## DATA SHOWN
* * *
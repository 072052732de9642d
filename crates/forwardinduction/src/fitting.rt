// The fit over all layers: a shift per step, the two lent rows alternating.
// What is lent stays in slices of its own: of a struct of `&mut`s each contract would have to say that its borrows stay.
// The layers that are read stay slices too: rollback's `Lattice` holds the shifts, which are lent here.

ghost use Rattle.std.specs.Prelude.{◌≡◌, ◌+◌, ◌^◌, ◌<◌, ◌≤◌, length, get_or};
ghost use Rattle.terms.specs.Curve.{curve_over};
ghost use Rattle.forwardinduction.specs.Fit.{shifts_from, fitted};
ghost use Rattle.lattice.specs.Lattice.{root_layer};
ghost use Rattle.lattice.specs.laws.Stored.{numbers_in};
ghost use Rattle.lattice.specs.laws.Positions.{Layered};
ghost use Rattle.forwardinduction.specs.laws.Advances.{step_at};
ghost use Rattle.lattice.specs.laws.Laid.{front_nodes, layers_in, Laid};
ghost use Rattle.forwardinduction.specs.laws.Found.{Found};
ghost use Rattle.forwardinduction.specs.laws.Fitting.{moved_of, row_in};

use crate::layer::{advance, layer_shift};
use crate::rows::current;
use floats::Refusal;
use terms::market::Curve;

// One step: the shift of the current row, then the other row.
#[tactic(auto, unfolding(floats::specs::Answers::on_outcome, crate::specs::laws::Advances::step_at, floats::specs::Answers::outcome_of))]
fn fit_step(
    nodes: &[i32],
    probabilities: &[f64],
    count: usize,
    spacing: f64,
    flat: bool,
    curve: Curve<'_>,
    dt: f64,
    step: u32,
    first: &mut [f64],
    second: &mut [f64],
) -> Result<f64, Refusal>
    requires count_in_bounds { (count ≤ length first.old) × (count ≤ length second.old) }
    requires layered { (Layered flat (length first.old) nodes.now probabilities.now count) × (Layered flat (length second.old) nodes.now probabilities.now count) }
    requires step_bound { step + 1 < 2 ^ 32 }
    ensures { moved_of result (record { first = first.exit.now; second = second.new }) ≡ step_at (curve_over curve.entry.times.now curve.entry.factors.now) dt step flat count spacing nodes.now probabilities.now (record { first = first.entry.now; second = second.old }) }
{
    let row = current(first, second, step, count);
    let shift = layer_shift(nodes, row, spacing, curve, dt, step)?;
    advance(
        nodes,
        probabilities,
        first,
        second,
        count,
        flat,
        spacing,
        dt,
        shift,
        step,
    )?;
    Ok(shift)
}

// The shifts of the layers from `step` on, the first one's state prices standing in the current row.
pub fn fit(
    nodes: &[i32],
    probabilities: &[f64],
    counts: &[usize],
    spacings: &[f64],
    flat: bool,
    curve: Curve<'_>,
    dt: f64,
    step: u32,
    first: &mut [f64],
    second: &mut [f64],
    shifts: &mut [f64],
) -> Result<(), Refusal>
    requires laid { Laid flat (length first.old) (length second.old) counts.now spacings.now nodes.now probabilities.now }
    requires shifts_len { (length shifts.old ≡ length spacings.now) × (step + length spacings.now + 1 < 2 ^ 32) }
    ensures { Found (shifts_from (curve_over curve.entry.times.now curve.entry.factors.now) dt step (layers_in flat counts.now spacings.now nodes.now probabilities.now) (row_in step (get_or counts.now 0 0) nodes.now (record { first = first.entry.now; second = second.old }))) result shifts.new }
{
    if spacings.len() == 0 {
        return Ok(());
    }
    let count = counts[0];
    let pairs = count * 2;
    let threes = count * 3;
    let shift = fit_step(
        &nodes[..pairs],
        &probabilities[..threes],
        count,
        spacings[0],
        flat,
        curve,
        dt,
        step,
        first,
        second,
    )?;
    shifts[0] = shift;
    fit(
        &nodes[pairs..],
        &probabilities[threes..],
        &counts[1..],
        &spacings[1..],
        flat,
        curve,
        dt,
        step + 1,
        first,
        second,
        &mut shifts[1..],
    )
}

// The shifts of the whole tree: the root's state price is 1.
pub fn fit_tree(
    nodes: &[i32],
    probabilities: &[f64],
    counts: &[usize],
    spacings: &[f64],
    flat: bool,
    curve: Curve<'_>,
    dt: f64,
    first: &mut [f64],
    second: &mut [f64],
    shifts: &mut [f64],
) -> Result<(), Refusal>
    requires laid { Laid flat (length first.old) (length second.old) counts.now spacings.now nodes.now probabilities.now }
    requires shifts_len { (length shifts.old ≡ length spacings.now) × (length spacings.now + 1 < 2 ^ 32) }
    requires counts_value { (get_or counts.now 0 0 ≡ 1) × (numbers_in (front_nodes 1 nodes.now) ≡ root_layer) }
    ensures { Found (fitted (curve_over curve.entry.times.now curve.entry.factors.now) dt (layers_in flat counts.now spacings.now nodes.now probabilities.now)) result shifts.new }
{
    first[0] = 1.0;
    fit(
        nodes,
        probabilities,
        counts,
        spacings,
        flat,
        curve,
        dt,
        0,
        first,
        second,
        shifts,
    )
}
* * *
## EXERCISE REQUIREMENTS
Count up the lines in the records that contain the word "fitted" and reply with that figure only.

## COMPLETED TASK
2